Later that night, Norm starts a conversation while playing with his new matchbox set. “People are robbing banks somewhere in the world right now arent they mommy?” Well yes buddy, but people are helping people out there too. You need to remember that. Are you still feeling freaked out about today buddy, or are things ok for you? “Well…Im just feeling a little little bit freaked out still. (Not a lot of little bit, a little little bit)But thats ok. Because its a sad day and we got to be quiet.” It is a sad day buddy. We talk about all the people that helped out in the aftermath and talked about heroes until he interjects accusingly. “Mommy, how come you never told me about this day before?” (allowing myself a mental burst of derisive laughter) Well buddy its a very hard thing that happened and its hard to understand and we wanted to wait til you were a little older. Soon after, in the kitchen “I think we should make a cake for the people that died mommy. You know, because its such a sad day” Hmmm…cakes are always a nice expression of the hopeless void of an illogical and unjust universe. Why not? “Oh never mind mommy. Lets make the cake another day. Sponge Bob is on” Almost immediately afterward, in an alarmed yet sort of calm tone “Mom, I just felt grammy’s spirit. Can we talk to her?” Sure buddy. “Um Grammy? I miss you a very lot. And Um well…Im a little bit scared right now so maybe you could go away for a little bit. But um…you dont have to. You can stay because Im glad you are here”. He looks at me for reassurance. I just say “we miss you grammy and we love you and you would be very proud of norm because he is a wonderful little boy”. Back to sponge bob. He is a little clingier tonight than usual but so far its ok.

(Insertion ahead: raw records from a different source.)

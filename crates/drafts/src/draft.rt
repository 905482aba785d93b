//! An event as it is worked out: its effects so far, over a state that stays as it is.
ghost use Rattle.std.specs.Prelude.{if◌then◌else◌, ◌++◌, ◌∷◌, [], ◌≡◌, ◌≢◌, ◌≤◌, ◌&&◌, All, IfOk, OnOk, not, false, is_some, ◌||◌, Some, None};
ghost use Rattle.std.specs.List.{find};
ghost use Rattle.std.specs.Vec.{vec_capacity};
ghost use Rattle.names.specs.Contents.{empty_digest};
ghost use Rattle.protocol.specs.Farm.{farm_limits};
ghost use Rattle.leases.specs.Table.{fit_of};
ghost use Rattle.leases.specs.declared.lease_table.Fit.{Fit};
ghost use Rattle.protocol.specs.Ledger.{begin_work, says, notes, parks, decision, decided, sees, lease_for, grant_of, gives, denies, tried, try_all, stays, waiting, retried, elsewhere, recall, recalls, holds_wanted, acquiring, lease_of, is_parked, confirms, committing, may_commit, may_release, lease_under, released, newer_life, answering, handled};
ghost use Rattle.effects.specs.Held.{ledger};
ghost use Rattle.effects.specs.Sound.{AreHeldUp};
ghost use Rattle.drafts.specs.Idle.{AreIdle};
ghost use Rattle.effects.specs.Keeps.{held, IsKeepable};
ghost use Rattle.farm_base.specs.Wanted.{IsWants};
ghost use Rattle.effects.specs.Shown.{IsFresh, table_after};
ghost use Rattle.drafts.specs.Shown.{work, Makes, Finishes, ended, ended_committed};
ghost use Rattle.parked.specs.Over.{still_waiting};
ghost use Rattle.parked.specs.Queue.{asks_of};
ghost use Rattle.parked.specs.Waiting.{waits_after};
ghost use Rattle.effects.specs.Sound.{IsSound};
ghost use Rattle.versions.specs.Lines.{lines_with, room_needed};

use super::granting::{give, grant_of, is_some_saved};
use super::home::{cleared, is_home};
use effects::{Effects, NewLife, Prepared, State};
use events::{CoordNote, Decision};
use farm_base::{
    Copied, FromCoord, Grant, Items, Life, News, NodeId, Parked, Request, Slot, Ticket, ToCoord,
    Why,
};
use holdings::Ending;
use parked::{Over, ParkedChange, split_over, take_out, without_first};
use std::alloc::{AllocError, Global};
use std::mem;
use versions::{Added, additions, all_stand, confirmed};

/// An event as it is worked out: its effects so far, over a state that stays as it is.
#[derive(Drop)]
pub struct Draft<'s> {
    pub base: &'s State,
    /// In a box, so that letting go of it is one step of a proof.
    pub effects: Box<Effects>,
}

My bottom line? Im a little pissed that my five year old who is afraid of monsters and “bloody mary” and the goosebumps commercial on cartoon network is now pondering something vast and horrible. Im unsure because I dont know if this is exactly vast and horrible for him and I dont want to make it more so. Im guilty because I should have prepared him regardless. I knew the day was coming. Im wondering if I should prep the teachers for possible death talk tomorrow. Strangely, nothing like this occurred in any of the schools I worked in today.
Thanks for letting me process friends.